Hi!
I have two data frames, lets call them df1
and df2
. Both data frames have missing values. If there is a value in df1
, this value should be kept. If there is an NA
in df1
, the value should be filled with the one from df2
. For further analysis, I joined the two data frames.
library(tidyverse)
df = data.frame("id" = c("A1", "A2", "A3", "A11", "A12", "A20", "A31", "A32", "A33"),
"X2004" = c(1, 0.5, 3, NA, 2, 1, 3, NA, 4),
"X2005" = c(1, 2, 2, NA, 2.5, 1, 0.5, NA, 4),
"X2006" = c(2, 1.5, NA, 2, 5, 1.5, NA, 2.5, 4),
"y_2005" = c(0.5, 2, NA, 3, 2.5, 1, 0.5, 2, NA),
"y_2006" = c(1, NA, 1.5, 2, NA, 1.5, 5, 2, 4))
The variables X2004
, X2005
and X2006
are yearly data from df1, the variables y_2005
and y_2006
are from df2. Now I want to fill the missing data of X2005
by y_2005
and X2006
by y_2006
.
In my real data, I would have a lot more years. Because of that, I tried to do a for loop, in which I create the variable names.
# As there are less years in df2, I make a list of all the years contained in df2.
years = df %>% select(starts_with("y_")) # get all the years of df2
names(years) = gsub("y_", "", names(years)) # delete the praefix of the variable name
years = colnames(years) # make a list of the column names
years = as.numeric(years) # define the years as numeric
# now I'm creating an empty data frame for the result of the data imputation
df_joined = data.frame("id" = c("A1", "A2", "A3", "A11", "A12", "A20", "A31", "A32", "A33"))
# that's the loop
for (year in years) {
value_df1 = paste0("X", year) # variable name from df1
value_df2 = paste0("y_", year) # variable name from df2
new_value = paste0("y", year) # define new variable name
df_ = df %>% mutate(new_value = ifelse(!is.na(value_df1), value_df1, value_df2))%>%
select("id", new_value)
df_joined = left_join(df_joined, df_, by = "id") # append the new values to the empty data frame
}
The problem is, that R doesn't understand, that value_df1
and value_df2
are meant to be the variable names, that's why the result is the following:
The mutate()
-function itself works, when I execute the code with specific variables.

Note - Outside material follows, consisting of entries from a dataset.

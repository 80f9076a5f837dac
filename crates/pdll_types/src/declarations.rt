//! The way through declarations.

ghost use Rattle.std.specs.Prelude.{◌≡◌, ◌∷◌, ◌++◌, [], Some, None, OnOk, IfOk, option_copied, option_map};
ghost use Rattle.pdll_syntax.specs.declared.file.Decl.TheVariants as decl;
ghost use Rattle.std.specs.Option.{is_some};
ghost use Rattle.pdll_syntax.specs.ExprTree.{refs};
ghost use Rattle.pdll_types.specs.Asking.{asked_of};
ghost use Rattle.pdll_types.specs.Signatures as signatures;
ghost use Rattle.pdll_types.specs.Mentions as spec;
ghost use Rattle.pdll_types.specs.Walk.{walked};

use crate::asked::Asked;
use crate::expressions::{walk_expr, walk_refs};
use crate::headings::{body_stmts, use_constraint, use_pattern, use_rewrite};
use crate::kind::Kind;
use crate::marks::{note_word, show};
use crate::refs::kind_of_refs;
use crate::section::{Holder, Section};
use crate::signature::{Signature, Sort};
use crate::statements::{walk_constraint, walk_pattern, walk_rewrite};
use crate::table::Table;
use crate::walk::Walk;
use pdll_syntax::expr::Ref;
use pdll_syntax::file::{CallDecl, Decl, PatternDecl};
use pdll_syntax::stmt::{Body, Param};
use sqlite_items::Items;
use std::alloc::{AllocError, Global};
use std::slice::from_ref;

fn walk_param<'t>(
    alloc: Global,
    table: &Table<'t>,
    walk: &mut Walk<'t>,
    section: Section,
    param: &'t Param,
) -> Result<(), AllocError>
    ensures { OnOk result (walk.new ≡ walked table.now (spec.of_param table.now section param.now) walk.old) }
{
    let word = param.name.text.as_slice();
    note_word(walk, section, true, param.name.at, word)?;
    let all = param.refs.as_slice();
    let kind = walk_refs(alloc, table, walk, section, Holder::Parameter, all)?;
    show(walk, word, kind)
}

#[tactic(auto, unfolding(crate::specs::Mentions::of_params), using(crate::proofs::Steps::walked_both))]
fn walk_params<'t>(
    alloc: Global,
    table: &Table<'t>,
    walk: &mut Walk<'t>,
    section: Section,
    params: &'t [Param],
) -> Result<(), AllocError>
    ensures { OnOk result (walk.new ≡ walked table.now (spec.of_params table.now section params.now) walk.old) }
{
    for param in params {
        walk_param(alloc, table, walk, section, param)?;
    }
    Ok(())
}

/// Goes through the kind of what a rewrite gives, and returns it.
#[tactic(auto, unfolding(crate::specs::Mentions::of_all_refs), using(crate::proofs::Steps::walked_both))]
fn walk_result<'t>(
    alloc: Global,
    table: &Table<'t>,
    walk: &mut Walk<'t>,
    gives: &'t Option<Ref>,
) -> Result<Option<Kind>, AllocError>
    ensures walked { OnOk result (walk.new ≡ walked table.now (spec.of_result table.now gives.now) walk.old) }
    ensures kind { IfOk result (λ k. k ≡ signatures.result_kind table.now gives.now) }
{
    match gives {
        None => Ok(None),
        Some(one) => walk_refs(
            alloc,
            table,
            walk,
            Section::Rewritten,
            Holder::Outcome,
            from_ref(one),
        ),
    }
}

/// Goes through the expression of a body by `=>`.
fn walk_body_value<'t>(
    alloc: Global,
    table: &Table<'t>,
    walk: &mut Walk<'t>,
    section: Section,
    asked: Asked<'_>,
    body: &'t Body,
) -> Result<(), AllocError>
    ensures { OnOk result (walk.new ≡ walked table.now (spec.of_body_value table.now section (asked_of asked.entry) body.now) walk.old) }
{
    match body {
        Body::Value(x) => walk_expr(alloc, table, walk, section, asked, x),
        _ => Ok(()),
    }
}

#[tactic(auto, unfolding(crate::specs::Mentions::mentions), using(crate::proofs::Steps::walked_both))]
fn walk_pattern_decl<'t>(
    alloc: Global,
    table: &Table<'t>,
    walk: &mut Walk<'t>,
    pattern: &'t PatternDecl,
) -> Result<(), AllocError>
    ensures { OnOk result (walk.new ≡ walked table.now (spec.mentions table.now (decl.Pattern pattern.now)) walk.old) }
{
    use_pattern(table, walk, pattern);
    walk_pattern(alloc, table, walk, body_stmts(&pattern.body))
}

#[tactic(auto, unfolding(crate::specs::Mentions::mentions), using(crate::proofs::Steps::walked_both))]
fn walk_constraint_decl<'t>(
    alloc: Global,
    table: &Table<'t>,
    walk: &mut Walk<'t>,
    call: &'t CallDecl,
) -> Result<(), AllocError>
    ensures { OnOk result (walk.new ≡ walked table.now (spec.mentions table.now (decl.Constraint call.now)) walk.old) }
{
    use_constraint(alloc, table, walk, call)?;
    walk_params(alloc, table, walk, Section::Matched, call.params.as_slice())?;
    walk_constraint(alloc, table, walk, body_stmts(&call.body))?;
    walk_body_value(
        alloc,
        table,
        walk,
        Section::Matched,
        Asked::ConstraintCall,
        &call.body,
    )
}

/// What is asked of the expression of a rewrite by `=>`.
fn asked_of_value<'a>(gives: &Option<Ref>, kind: &'a Option<Kind>) -> Asked<'a>
    ensures { asked_of result ≡ spec.asked_where (is_some gives.now) kind.now }
{
    match gives {
        None => Asked::Anything,
        Some(_) => Asked::Written(kind),
    }
}

#[tactic(auto, unfolding(crate::specs::Mentions::mentions), using(crate::proofs::Steps::walked_both))]
fn walk_rewrite_decl<'t>(
    alloc: Global,
    table: &Table<'t>,
    walk: &mut Walk<'t>,
    call: &'t CallDecl,
) -> Result<(), AllocError>
    ensures { OnOk result (walk.new ≡ walked table.now (spec.mentions table.now (decl.Rewrite call.now)) walk.old) }
{
    use_rewrite(alloc, table, walk, call)?;
    walk_params(
        alloc,
        table,
        walk,
        Section::Rewritten,
        call.params.as_slice(),
    )?;
    let kind = walk_result(alloc, table, walk, &call.gives)?;
    walk_rewrite(
        alloc,
        table,
        walk,
        &kind,
        call.gives.is_some(),
        body_stmts(&call.body),
    )?;
    let asked = asked_of_value(&call.gives, &kind);
    walk_body_value(alloc, table, walk, Section::Rewritten, asked, &call.body)
}

/// Goes through a declaration.
pub fn walk_decl<'t>(
    alloc: Global,
    table: &Table<'t>,
    walk: &mut Walk<'t>,
    one: &'t Decl,
) -> Result<(), AllocError>
    ensures { OnOk result (walk.new ≡ walked table.now (spec.mentions table.now one.now) walk.old) }
{
    match one {
        Decl::Pattern(pattern) => walk_pattern_decl(alloc, table, walk, pattern),
        Decl::Constraint(call) => walk_constraint_decl(alloc, table, walk, call),
        Decl::Rewrite(call) => walk_rewrite_decl(alloc, table, walk, call),
    }
}

/// The kinds of parameters.
fn parameter_kinds(
    alloc: Global,
    table: &Table<'_>,
    params: &[Param],
) -> Result<Items<Option<Kind>>, AllocError>
    ensures { IfOk result (λ ks. ks ≡ signatures.parameter_kinds table.now params.now) }
{
    let mut kinds = Items::new(alloc);
    for param in params {
        kinds.push(kind_of_refs(alloc, table, param.refs.as_slice())?)?;
    }
    Ok(kinds)
}

/// The kind of a call of a rewrite.
fn gives_kind(
    alloc: Global,
    table: &Table<'_>,
    gives: &Option<Ref>,
) -> Result<Option<Kind>, AllocError>
    ensures { IfOk result (λ k. k ≡ signatures.gives_kind table.now gives.now) }
{
    match gives {
        None => Ok(Some(Kind::Call)),
        Some(one) => kind_of_refs(alloc, table, from_ref(one)),
    }
}

/// What a declaration says to those that call it.
fn signature(alloc: Global, table: &Table<'_>, one: &Decl) -> Result<Signature, AllocError>
    ensures { IfOk result (λ g. g ≡ signatures.signature table.now one.now) }
{
    match one {
        Decl::Pattern(_) => Ok(Signature {
            sort: Sort::Pattern,
            params: Items::new(alloc),
            gives: None,
        }),
        Decl::Constraint(call) => Ok(Signature {
            sort: Sort::Constraint,
            params: parameter_kinds(alloc, table, call.params.as_slice())?,
            gives: Some(Kind::Call),
        }),
        Decl::Rewrite(call) => Ok(Signature {
            sort: Sort::Rewrite,
            params: parameter_kinds(alloc, table, call.params.as_slice())?,
            gives: gives_kind(alloc, table, &call.gives)?,
        }),
    }
}

/// The name of a declaration.
fn declared_name(one: &Decl) -> Option<&[u8]>
    ensures { option_copied result ≡ option_map (λ n. n.text) (signatures.declared_name one.now) }
{
    match one {
        Decl::Pattern(pattern) => match &pattern.name {
            None => None,
            Some(name) => Some(name.text.as_slice()),
        },
        Decl::Constraint(call) => Some(call.name.text.as_slice()),
        Decl::Rewrite(call) => Some(call.name.text.as_slice()),
    }
}

/// Declares what has a name, which must be new.
#[tactic(auto, unfolding(crate::specs::Signatures::declared))]
pub fn declare<'t>(alloc: Global, table: &mut Table<'t>, one: &'t Decl) -> Result<(), AllocError>
    requires { (n : _) → signatures.declared_name one.now ≡ Some n → signatures.signature_of table.old n.text ≡ None }
    ensures { OnOk result (table.new ≡ signatures.declared table.old one.now) }
{
    let signature = signature(alloc, table, one)?;
    match declared_name(one) {
        None => Ok(()),
        Some(name) => table.declare(name, signature),
    }
}
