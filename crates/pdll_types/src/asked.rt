//! What a place asks of the expression that stands there.

ghost use Rattle.std.specs.Prelude.{◌≡◌};
ghost use Rattle.pdll_types.specs.Asking.{asked_of};
ghost use Rattle.pdll_types.specs.Kinds.{answers, is_written};

use crate::kind::Kind;

/// What a place asks for.
#[derive(Clone, Copy)]
pub enum Asked<'a> {
    /// Nothing: a statement.
    Anything,
    /// The operation that a pattern is about.
    Root,
    /// What a constraint stands for.
    ConstraintCall,
    /// Exactly the kind that is written, if one is.
    Written(&'a Option<Kind>),
    /// Anything that has a kind.
    NotCall,
    Operand,
    ResultType,
    Operation,
    Attribute,
    Type,
    Types,
}

fn is_written(written: &Option<Kind>, given: &Option<Kind>) -> bool
    ensures { result ≡ is_written written.now given.now }
{
    match (written, given) {
        (Some(written), Some(given)) => written.takes(given),
        (Some(_), None) => false,
        (None, Some(given)) => !given.is_call(),
        (None, None) => true,
    }
}

impl<'a> Asked<'a> {
    /// Whether an expression of this kind may stand there.
    pub fn is_met(self, kind: &Option<Kind>) -> bool
        ensures { result ≡ answers (asked_of self.entry) kind.now }
    {
        match (self, kind) {
            (Asked::Anything, _) => true,
            (Asked::ConstraintCall, _) => true,
            (Asked::Written(written), _) => is_written(written, kind),
            (Asked::NotCall | Asked::Root, _) => is_written(&None, kind),
            (_, None) => false,
            (Asked::Operand, Some(kind)) => kind.is_operand(),
            (Asked::ResultType, Some(kind)) => kind.is_type_or_types(),
            (Asked::Operation, Some(kind)) => kind.is_row(),
            (Asked::Attribute, Some(kind)) => matches!(kind, Kind::Attr),
            (Asked::Type, Some(kind)) => matches!(kind, Kind::Ty),
            (Asked::Types, Some(kind)) => matches!(kind, Kind::Tys),
        }
    }
}
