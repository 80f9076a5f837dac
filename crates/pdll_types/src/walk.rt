//! What is known on the way through a declaration.

ghost use Rattle.std.specs.Prelude.{◌≡◌, ◌∷◌, ◌++◌, [], length, OnOk};
ghost use Rattle.pdll_types.specs.Walk as spec;
ghost use Rattle.pdll_types.specs.Accepted.{code_number, is_before, faults};
ghost use Rattle.pdll_types.specs.Names.{where_so};

use crate::kind::KindList;
use crate::sight::{Sight, Words};
use pdll_syntax::fault::{PatFault, PatKind};
use sqlite_items::Items;
use std::alloc::Global;

/// What is known behind a part of a declaration.
#[derive(Drop)]
pub struct Walk<'t> {
    pub sight: Sight<'t>,
    /// The words that declare variables.
    pub words: Words<'t>,
    /// The kinds of the file's expressions so far.
    pub kinds: KindList,
    /// The numbers of the roots among them.
    pub roots: Items<usize>,
    /// The first fault of the declaration so far.
    pub least: Option<PatFault>,
}

impl<'t> Walk<'t> {
    /// Before the first declaration.
    pub fn new(alloc: Global) -> Walk<'t>
        ensures { result ≡ spec.start }
    {
        Walk {
            sight: Sight::new(alloc),
            words: Words::new(alloc),
            kinds: Items::new(alloc),
            roots: Items::new(alloc),
            least: None,
        }
    }
}

/// The number in a fault's code.
fn code_number(kind: PatKind) -> u8
    ensures { result ≡ code_number kind }
{
    match kind {
        PatKind::TooLong => 1,
        PatKind::NotUtf8 => 2,
        PatKind::BadByte => 3,
        PatKind::BadString => 4,
        PatKind::Syntax => 5,
        PatKind::CppBody => 6,
        PatKind::Include => 7,
        PatKind::TooMany => 8,
        PatKind::BenefitRange => 9,
        PatKind::Undefined => 10,
        PatKind::Redefined => 11,
        PatKind::WrongKind => 12,
        PatKind::WrongArity => 13,
        PatKind::UnknownNative => 14,
        PatKind::BadLiteral => 15,
        PatKind::TwoRanges => 16,
        PatKind::MultiRoot => 17,
        PatKind::Undetermined => 18,
        PatKind::NoResultTypes => 19,
        PatKind::BadRoot => 20,
        PatKind::AfterRoot => 21,
        PatKind::WrongPart => 22,
    }
}

/// Whether the first fault has a lesser place, or there a lower code.
fn is_before(fault: PatFault, other: PatFault) -> bool
    ensures { result ≡ is_before fault other }
{
    fault.at < other.at
        || (fault.at == other.at && code_number(fault.kind) < code_number(other.kind))
}

/// The first fault so far, with one more.
pub fn noted(least: Option<PatFault>, kind: PatKind, at: usize) -> Option<PatFault>
    ensures { result ≡ spec.noted (record { kind = kind; at = at }) least }
{
    let fault = PatFault { kind, at };
    match least {
        Some(other) if !is_before(fault, other) => Some(other),
        _ => Some(fault),
    }
}

/// The first fault so far, with one more where this is so.
pub fn noted_where(least: Option<PatFault>, so: bool, kind: PatKind, at: usize) -> Option<PatFault>
    ensures { result ≡ spec.all_noted (faults kind (where_so so at)) least }
{
    if so { noted(least, kind, at) } else { least }
}
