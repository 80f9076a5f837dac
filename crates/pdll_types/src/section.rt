//! Where parts of a declaration stand.

ghost use Rattle.std.specs.Prelude.{◌≡◌};
ghost use Rattle.pdll_types.specs.Mentions as spec;
ghost use Rattle.pdll_types.specs.Parts.{is_rewritten};

/// The part of a declaration in which an expression stands.
#[derive(Clone, Copy)]
pub enum Section {
    /// A match, or a constraint.
    Matched,
    /// A rewrite.
    Rewritten,
    /// A rewrite, directly behind `replace .. with`.
    Replacing,
}

/// What holds refs.
#[derive(Clone, Copy)]
pub enum Holder {
    /// A variable without a value.
    Variable,
    /// A variable with a value.
    Valued,
    Parameter,
    /// The result of a rewrite.
    Outcome,
}

/// How a statement stands.
#[derive(Clone, Copy)]
pub enum Standing {
    /// In a constraint or a match.
    Matching,
    /// In a match, as the first statement that names a root, which isn't the last one.
    Exempt,
    /// As the last statement of a pattern.
    Final,
    /// In a rewrite.
    Inside,
    /// As the last statement of a rewrite that has a result.
    Returning,
}

impl Section {
    /// The part in which the parts of an expression stand.
    pub fn within(self) -> Section
        ensures { result ≡ spec.within self }
    {
        match self {
            Section::Matched => Section::Matched,
            Section::Rewritten => Section::Rewritten,
            Section::Replacing => Section::Rewritten,
        }
    }

    pub fn is_rewritten(self) -> bool
        ensures { result ≡ is_rewritten self }
    {
        !matches!(self, Section::Matched)
    }
}

impl Standing {
    /// The part in which the statement stands.
    pub fn part(self) -> Section
        ensures { result ≡ spec.part_of self }
    {
        match self {
            Standing::Matching | Standing::Exempt | Standing::Final => Section::Matched,
            Standing::Inside | Standing::Returning => Section::Rewritten,
        }
    }

    /// The part in which what replaces an operation stands.
    pub fn part_behind_with(self) -> Section
        ensures { result ≡ spec.part_behind_with self }
    {
        match self {
            Standing::Matching | Standing::Exempt => Section::Matched,
            Standing::Final | Standing::Inside | Standing::Returning => Section::Replacing,
        }
    }

    /// How a statement of a rewrite stands.
    pub fn in_rewrite(gives: bool, last: bool) -> Standing
        ensures { result ≡ spec.standing_in_rewrite gives last }
    {
        if gives && last {
            Standing::Returning
        } else {
            Standing::Inside
        }
    }

    /// How a statement of a pattern stands, behind one that names a root or not.
    pub fn in_pattern(last: bool, late: bool, names_root: bool) -> Standing
        ensures { result ≡ spec.standing_in_pattern last late names_root }
    {
        if last {
            Standing::Final
        } else if !late && names_root {
            Standing::Exempt
        } else {
            Standing::Matching
        }
    }
}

df_ = df %>% mutate(y2005= ifelse(!is.na(X2005), X2005, y_2005)) %>%
select("id", y2005)
I also tried it with the merge()
-function, in that case, the variables are named the same:
# create df1 and df2
df1 = data.frame("id" = c("A1", "A2", "A3", "A11", "A12", "A20", "A31", "A32", "A33"),
"X2004" = c(1, 0.5, 3, NA, 2, 1, 3, NA, 4),
"X2005" = c(1, 2, 2, NA, 2.5, 1, 0.5, NA, 4),
"X2006" = c(2, 1.5, NA, 2, 5, 1.5, NA, 2.5, 4))
df2 = data.frame("id" = c("A1", "A2", "A3", "A11", "A12", "A20", "A31", "A32", "A33"),
"X2005" = c(0.5, 2, NA, 3, 2.5, 1, 0.5, 2, NA),
"X2006" = c(1, NA, 1.5, 2, NA, 1.5, 5, 2, 4))
# getting a list of the colnames
col_names = colnames(df2)
# merging df1 and df2
df = merge(df1, df2, by = c(col_names), all.x = TRUE)
If there are values in df1
and df2
, R takes the values from df2
. But I'd like to keep in these cases the values from df1 and only replace the NA
s in df1 by the values from df2
.
Do you have any ideas, how I could solve the problem?